Gregarious and open over the phone, Lambert says she especially enjoys working with industry partners to better serve farmers. This includes engaging with customers and helping other companies integrate with DairyComp.

Within the past two years, she continues, VAS has put more data together from different feeding and monitoring software to streamline farm management. This simplifies tasks and information-sharing for everyone involved with the farm ecosystem.

“We’re in the middle of this tech revolution,” she says, beaming. “I want to empower producers and I think this gives them the keys to that.”

But she is also driven by her own family’s welfare.

Her brother Stratton Kraft, for example, continues to work as a dairy farmer on the family’s farm, and his 18-month-old daughter already seems to share his passion.

Lambert wants to ensure they can both continue their work for as long as they want — in a healthy and profitable way.

For the love of science and farmers

Combined with the heart she feels for her dairy community is Lambert’s romance with science.

She says this obsession began around the time she started managing herd data—on the day her family’s dairy’s manure lagoon turned red from algae.

The farm’s veterinarian taught Lambert how to further investigate the algae’s source. First, he built a homemade incubator before teaching her how to take a bacterial sample from the lagoon and conduct a gram test.

“That was a moment where I was like, ‘I love trying to figure out what’s going on in this biological system,’” Lambert says with a wide, excited smile.

She followed this passion all the way to the college, but did run into a few roadblocks along the way.

Just 21 at the time and studying at the University of California-Davis, Lambert was diagnosed with stage four lymphoma. Rather than let it drag her down, she says she was determined to find something worthwhile in the struggle to heal.

For her, this meant fine-tuning her sense of empathy.

Women in red jacket poses in front of a herd of cows

While she is no longer involved with the day to day management, Jordan remains closely connected to her family’s farm Kraft Family Dairies.

Perseverance!

“I’m very fortunate to have had this blissful childhood,” she says of growing up running through fields of purple alfalfa. “But it didn’t help me relate to other people very well.”

Lambert says she realized at college that few of her peers knew much about agriculture, let alone the deep-rooted passion and technology at work behind it. While they were perfectly intelligent, she says, they simply lacked her lived experience.

When her college friend Alterrell Mills saw the family farm for the first time at Lambert’s wedding in late 2016, he said he was taken aback by the sophisticated technology they use.

“They seemingly have better records management than most healthcare systems,” he told The Daily Churn. “That’s not something that I would have expected.”

As a result of these experiences, Lambert learned the importance of building bridges with non-agricultural people who lacked the exposure to agriculture she had.

And within the dairy community, she says, her illness helped her understand the importance of listening to hardships other farmers experience. Today, she adds, this helps push her to create even better solutions.

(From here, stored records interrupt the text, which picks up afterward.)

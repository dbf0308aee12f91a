//! How a retain goes through the idle objects.
ghost use Rattle.std.specs.Prelude.{◌≡◌, ◌≢◌, [], length, MatchResult, IfOk, OnErr};
ghost use Rattle.deadpool_desk.specs.Retains.{Goes, ReviewsFrom, Stays};

use crate::{Removal, Retainer, Slot};
use circular_buffer::HeapCircularBuffer;
use deadpool_parts::tables::append;
use std::alloc::AllocError;

// Asks about one object of so many that are idle, and gives back the object if it stays, else what `detach` left of its
// value.
fn ask_about<T, R: Retainer<T>>(
    slot: Slot<T>,
    least: usize,
    idle: usize,
    retainer: &mut R,
) -> Result<Slot<T>, R::Left>
    requires { R.can_call retainer.old }
    ensures answer { MatchResult result
        (λ kept. (kept ≡ slot) × Stays R.Retainer least idle slot retainer.old retainer.new)
        (λ left. Goes R.Retainer least idle slot retainer.old left retainer.new) }
    ensures can_call { R.can_call retainer.new }
{
    let is_kept = retainer.keeps(slot.number, &slot.value);
    if is_kept || idle <= least {
        return Ok(slot);
    }
    let Slot { number: _, value } = slot;
    Err(retainer.detach(value))
}

// Asks about each object in the ring, front to back, and gives what is left of the values of those that go, and notes
// of them. None goes while no more than the least number are in the ring. The others go round to the back, one by one,
// so that they stand in their order at the end.
pub(crate) fn review<T: Drop, R: Retainer<T>>(
    ring: &mut HeapCircularBuffer<Slot<T>>,
    least: usize,
    retainer: &mut R,
) -> Result<(Vec<R::Left>, Vec<Removal>), AllocError>
    requires { R.can_call retainer.old }
    ensures reviewed { IfOk result (λ given. ReviewsFrom R.Retainer least (length ring.old.items)
        0 ring.old.items retainer.old ring.new.items given.0.items given.1.items retainer.new) }
    ensures unchanged { OnErr result ((ring.old.items ≢ [])
        × (ring.new.items ≡ ring.old.items) × (retainer.new ≡ retainer.old)) }
    ensures room { ring.new.capacity ≡ ring.old.capacity }
    ensures can_call { R.can_call retainer.new }
{
    let count = ring.len();
    let mut removed = Vec::with_capacity(*ring.allocator(), count)?;
    let mut noted = Vec::with_capacity(*ring.allocator(), count)?;
    for asked in 0..count {
        let idle = ring.len();
        let Some(slot) = ring.pop_front() else {
            break;
        };
        let number = slot.number;
        match ask_about(slot, least, idle, retainer) {
            Ok(kept) => {
                ring.push_back(kept);
            }
            Err(left) => {
                append(&mut removed, left);
                append(
                    &mut noted,
                    Removal {
                        position: asked,
                        number,
                    },
                );
            }
        }
    }
    Ok((removed, noted))
}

Lambert ultimately powered through her cancer treatments, eventually defeating the disease in 2017 after earning her MBA in 2016 from Harvard. Since then, she has used her education, experience and newly discovered personal resilience to help others.

Group of people pose for the camera

Jordan (far right) with some of her VAS teammates at the 2020 Tulare Farm Show.

The right tools and tech

Amelia Lin, a college friend since 2014, says if anyone is up to this lofty task, it’s Jordan Kraft Lambert.

“It’s so much at the core of her being that above everything else, she’s really thinking about people,” she says. “She’s so secure in her capabilities and abilities she is able to relate to you on a very personal and human level.”

Jordan, on the other hand, credits her parents Chris and Mary Kraft for her unique worldview.

While dairying was always her father’s dream, Lambert’s mother was the first woman in her family to attend college and obtain an MBA and would often lead dinner table discussions around important farm issues — including finance. This had a lingering impact on 12-year-old Jordan.

“If you want to have a day off as a dairy farmer,” says Lambert, “you want to have enough money. That’s how you stay in business.”

And providing farmers like her brother and his family with the right technology and tools, she says, helps ensure just that — enough money to thrive in their chosen profession.

“It would break my heart if (my brother) had to do anything else,” she says. “I want to give him those tools.”

Note:

This interview comprises part of a post Animal AgTech Innovation Summit series; The Daily Churn was a media partner.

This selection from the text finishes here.